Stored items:

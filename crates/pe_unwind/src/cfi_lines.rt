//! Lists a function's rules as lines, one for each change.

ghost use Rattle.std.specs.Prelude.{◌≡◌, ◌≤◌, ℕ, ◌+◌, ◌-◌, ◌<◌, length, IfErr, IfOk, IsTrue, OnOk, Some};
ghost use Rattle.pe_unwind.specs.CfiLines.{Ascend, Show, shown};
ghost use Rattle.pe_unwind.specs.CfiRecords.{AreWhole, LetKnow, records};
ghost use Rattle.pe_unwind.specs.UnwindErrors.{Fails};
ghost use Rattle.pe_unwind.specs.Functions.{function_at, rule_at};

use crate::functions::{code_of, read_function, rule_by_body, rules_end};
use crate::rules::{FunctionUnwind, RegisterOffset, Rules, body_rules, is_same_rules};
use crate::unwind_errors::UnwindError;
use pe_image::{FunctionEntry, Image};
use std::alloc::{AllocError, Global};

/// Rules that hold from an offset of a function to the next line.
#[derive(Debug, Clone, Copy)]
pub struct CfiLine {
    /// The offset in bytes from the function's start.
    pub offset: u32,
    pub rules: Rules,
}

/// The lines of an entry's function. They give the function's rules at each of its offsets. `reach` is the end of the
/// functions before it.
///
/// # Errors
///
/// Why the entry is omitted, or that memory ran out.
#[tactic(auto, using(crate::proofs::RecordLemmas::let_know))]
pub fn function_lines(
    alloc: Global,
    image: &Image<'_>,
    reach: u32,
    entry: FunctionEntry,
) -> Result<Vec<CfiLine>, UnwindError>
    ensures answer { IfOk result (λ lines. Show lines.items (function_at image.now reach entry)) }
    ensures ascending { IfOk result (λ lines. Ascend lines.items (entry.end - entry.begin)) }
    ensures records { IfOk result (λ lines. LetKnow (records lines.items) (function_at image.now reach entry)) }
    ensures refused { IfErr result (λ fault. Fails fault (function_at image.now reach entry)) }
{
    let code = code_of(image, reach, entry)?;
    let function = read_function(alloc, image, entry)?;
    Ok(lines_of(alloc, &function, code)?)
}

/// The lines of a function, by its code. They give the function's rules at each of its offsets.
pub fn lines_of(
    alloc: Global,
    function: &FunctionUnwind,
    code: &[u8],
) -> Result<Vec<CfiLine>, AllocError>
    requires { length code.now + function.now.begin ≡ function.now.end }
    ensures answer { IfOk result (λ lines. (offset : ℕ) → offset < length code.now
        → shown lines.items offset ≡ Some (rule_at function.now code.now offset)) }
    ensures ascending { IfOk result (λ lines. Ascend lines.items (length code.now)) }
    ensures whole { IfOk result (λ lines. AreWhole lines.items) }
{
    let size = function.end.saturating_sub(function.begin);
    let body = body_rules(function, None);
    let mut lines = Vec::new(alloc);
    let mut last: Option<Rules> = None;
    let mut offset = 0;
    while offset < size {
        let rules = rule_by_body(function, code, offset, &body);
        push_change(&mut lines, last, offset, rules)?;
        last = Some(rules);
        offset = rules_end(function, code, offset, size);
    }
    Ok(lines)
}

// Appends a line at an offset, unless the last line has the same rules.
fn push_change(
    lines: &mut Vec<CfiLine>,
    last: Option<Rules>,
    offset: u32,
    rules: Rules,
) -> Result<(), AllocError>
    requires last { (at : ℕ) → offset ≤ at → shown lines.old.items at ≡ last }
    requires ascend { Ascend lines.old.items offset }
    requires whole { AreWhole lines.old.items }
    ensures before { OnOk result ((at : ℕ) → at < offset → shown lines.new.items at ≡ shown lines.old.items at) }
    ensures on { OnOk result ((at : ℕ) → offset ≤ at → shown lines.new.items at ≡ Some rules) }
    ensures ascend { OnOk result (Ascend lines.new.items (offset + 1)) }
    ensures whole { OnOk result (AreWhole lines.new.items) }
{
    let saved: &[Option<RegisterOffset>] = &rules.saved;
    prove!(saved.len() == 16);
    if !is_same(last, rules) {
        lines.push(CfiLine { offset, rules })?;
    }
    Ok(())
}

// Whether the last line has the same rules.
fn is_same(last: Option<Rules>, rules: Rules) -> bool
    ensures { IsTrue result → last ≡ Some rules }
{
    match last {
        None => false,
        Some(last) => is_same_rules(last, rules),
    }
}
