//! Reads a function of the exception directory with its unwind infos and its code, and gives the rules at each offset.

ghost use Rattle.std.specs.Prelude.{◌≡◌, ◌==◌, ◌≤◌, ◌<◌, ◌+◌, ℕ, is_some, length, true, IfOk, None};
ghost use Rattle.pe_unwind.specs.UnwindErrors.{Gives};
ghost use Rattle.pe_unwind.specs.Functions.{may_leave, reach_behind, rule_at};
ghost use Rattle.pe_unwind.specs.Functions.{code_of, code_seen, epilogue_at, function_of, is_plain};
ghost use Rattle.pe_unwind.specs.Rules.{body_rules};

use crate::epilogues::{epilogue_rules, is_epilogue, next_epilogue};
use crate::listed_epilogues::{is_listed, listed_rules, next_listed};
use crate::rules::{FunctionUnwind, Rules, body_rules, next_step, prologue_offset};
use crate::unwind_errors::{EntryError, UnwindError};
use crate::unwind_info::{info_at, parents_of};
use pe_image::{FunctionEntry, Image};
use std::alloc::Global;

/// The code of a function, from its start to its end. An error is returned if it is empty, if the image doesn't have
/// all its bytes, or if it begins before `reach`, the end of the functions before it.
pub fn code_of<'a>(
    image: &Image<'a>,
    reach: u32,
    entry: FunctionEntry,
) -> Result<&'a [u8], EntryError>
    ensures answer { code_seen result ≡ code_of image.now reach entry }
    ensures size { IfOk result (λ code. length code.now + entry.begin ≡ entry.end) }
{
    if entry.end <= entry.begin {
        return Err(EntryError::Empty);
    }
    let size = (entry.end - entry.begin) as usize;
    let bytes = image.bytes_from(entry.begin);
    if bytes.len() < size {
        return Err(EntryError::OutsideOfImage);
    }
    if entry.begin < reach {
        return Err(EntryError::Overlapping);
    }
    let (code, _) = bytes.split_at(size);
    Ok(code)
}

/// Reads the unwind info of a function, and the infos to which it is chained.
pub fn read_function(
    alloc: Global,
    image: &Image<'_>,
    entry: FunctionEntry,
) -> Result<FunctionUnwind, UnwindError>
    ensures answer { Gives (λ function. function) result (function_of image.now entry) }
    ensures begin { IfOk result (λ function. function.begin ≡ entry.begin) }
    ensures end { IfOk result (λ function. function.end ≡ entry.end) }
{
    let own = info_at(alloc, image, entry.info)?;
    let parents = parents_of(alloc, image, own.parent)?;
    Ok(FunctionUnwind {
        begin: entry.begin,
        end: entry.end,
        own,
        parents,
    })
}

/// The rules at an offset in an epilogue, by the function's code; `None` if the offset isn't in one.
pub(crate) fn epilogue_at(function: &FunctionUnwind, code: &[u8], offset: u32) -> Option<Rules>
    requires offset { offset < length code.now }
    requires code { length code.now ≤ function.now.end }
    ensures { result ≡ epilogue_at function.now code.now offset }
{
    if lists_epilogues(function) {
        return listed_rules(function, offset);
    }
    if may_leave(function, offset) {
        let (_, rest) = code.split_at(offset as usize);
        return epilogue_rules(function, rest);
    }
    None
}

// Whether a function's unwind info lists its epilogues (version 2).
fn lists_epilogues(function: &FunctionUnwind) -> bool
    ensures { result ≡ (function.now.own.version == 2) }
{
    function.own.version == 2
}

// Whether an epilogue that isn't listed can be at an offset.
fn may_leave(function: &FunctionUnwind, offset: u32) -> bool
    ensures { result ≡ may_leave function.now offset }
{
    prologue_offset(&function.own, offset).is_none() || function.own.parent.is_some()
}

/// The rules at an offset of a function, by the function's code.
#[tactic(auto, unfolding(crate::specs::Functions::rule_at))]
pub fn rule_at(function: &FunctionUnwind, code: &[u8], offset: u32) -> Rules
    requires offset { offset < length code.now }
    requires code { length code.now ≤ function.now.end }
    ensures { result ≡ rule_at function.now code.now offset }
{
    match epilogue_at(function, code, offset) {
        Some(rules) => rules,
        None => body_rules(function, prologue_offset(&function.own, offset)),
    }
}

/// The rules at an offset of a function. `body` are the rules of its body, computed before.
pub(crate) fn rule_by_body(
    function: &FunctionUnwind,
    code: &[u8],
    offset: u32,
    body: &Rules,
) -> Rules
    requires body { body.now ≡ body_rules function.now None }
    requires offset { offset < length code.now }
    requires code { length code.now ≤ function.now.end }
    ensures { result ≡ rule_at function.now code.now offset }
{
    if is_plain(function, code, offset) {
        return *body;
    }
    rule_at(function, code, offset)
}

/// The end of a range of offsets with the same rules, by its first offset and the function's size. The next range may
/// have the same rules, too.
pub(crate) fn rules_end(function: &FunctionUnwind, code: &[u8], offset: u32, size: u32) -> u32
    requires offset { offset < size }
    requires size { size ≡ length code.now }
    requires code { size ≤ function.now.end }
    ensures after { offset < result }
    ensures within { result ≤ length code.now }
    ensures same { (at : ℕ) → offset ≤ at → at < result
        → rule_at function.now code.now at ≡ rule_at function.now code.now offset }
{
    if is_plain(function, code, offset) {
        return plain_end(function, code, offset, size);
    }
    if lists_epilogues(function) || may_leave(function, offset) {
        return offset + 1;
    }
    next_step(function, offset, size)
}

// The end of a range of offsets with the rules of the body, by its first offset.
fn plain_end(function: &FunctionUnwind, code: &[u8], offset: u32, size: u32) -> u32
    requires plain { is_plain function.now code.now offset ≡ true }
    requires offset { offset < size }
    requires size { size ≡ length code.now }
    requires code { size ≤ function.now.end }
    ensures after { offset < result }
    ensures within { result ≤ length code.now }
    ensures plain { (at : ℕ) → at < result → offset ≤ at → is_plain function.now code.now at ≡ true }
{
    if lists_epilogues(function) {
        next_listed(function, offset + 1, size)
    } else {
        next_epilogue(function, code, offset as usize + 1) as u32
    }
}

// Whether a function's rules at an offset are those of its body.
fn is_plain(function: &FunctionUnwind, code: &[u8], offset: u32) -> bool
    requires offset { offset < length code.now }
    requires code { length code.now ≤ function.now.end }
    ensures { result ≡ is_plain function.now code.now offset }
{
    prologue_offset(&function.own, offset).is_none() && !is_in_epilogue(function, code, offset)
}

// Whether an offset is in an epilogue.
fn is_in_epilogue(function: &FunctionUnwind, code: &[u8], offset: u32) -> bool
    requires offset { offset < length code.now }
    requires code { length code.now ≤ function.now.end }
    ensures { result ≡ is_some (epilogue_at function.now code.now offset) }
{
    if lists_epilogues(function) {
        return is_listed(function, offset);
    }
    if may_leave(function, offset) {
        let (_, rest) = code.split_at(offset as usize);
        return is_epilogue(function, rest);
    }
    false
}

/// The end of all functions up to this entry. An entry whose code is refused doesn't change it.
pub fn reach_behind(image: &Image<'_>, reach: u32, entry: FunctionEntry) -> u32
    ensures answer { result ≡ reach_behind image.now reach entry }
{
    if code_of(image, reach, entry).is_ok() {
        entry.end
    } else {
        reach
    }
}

• _TASK DIRECTIONS_:
Say only how many lines above contain "IsTrue", with no other words.

• _SOLVED PROBLEM_:
2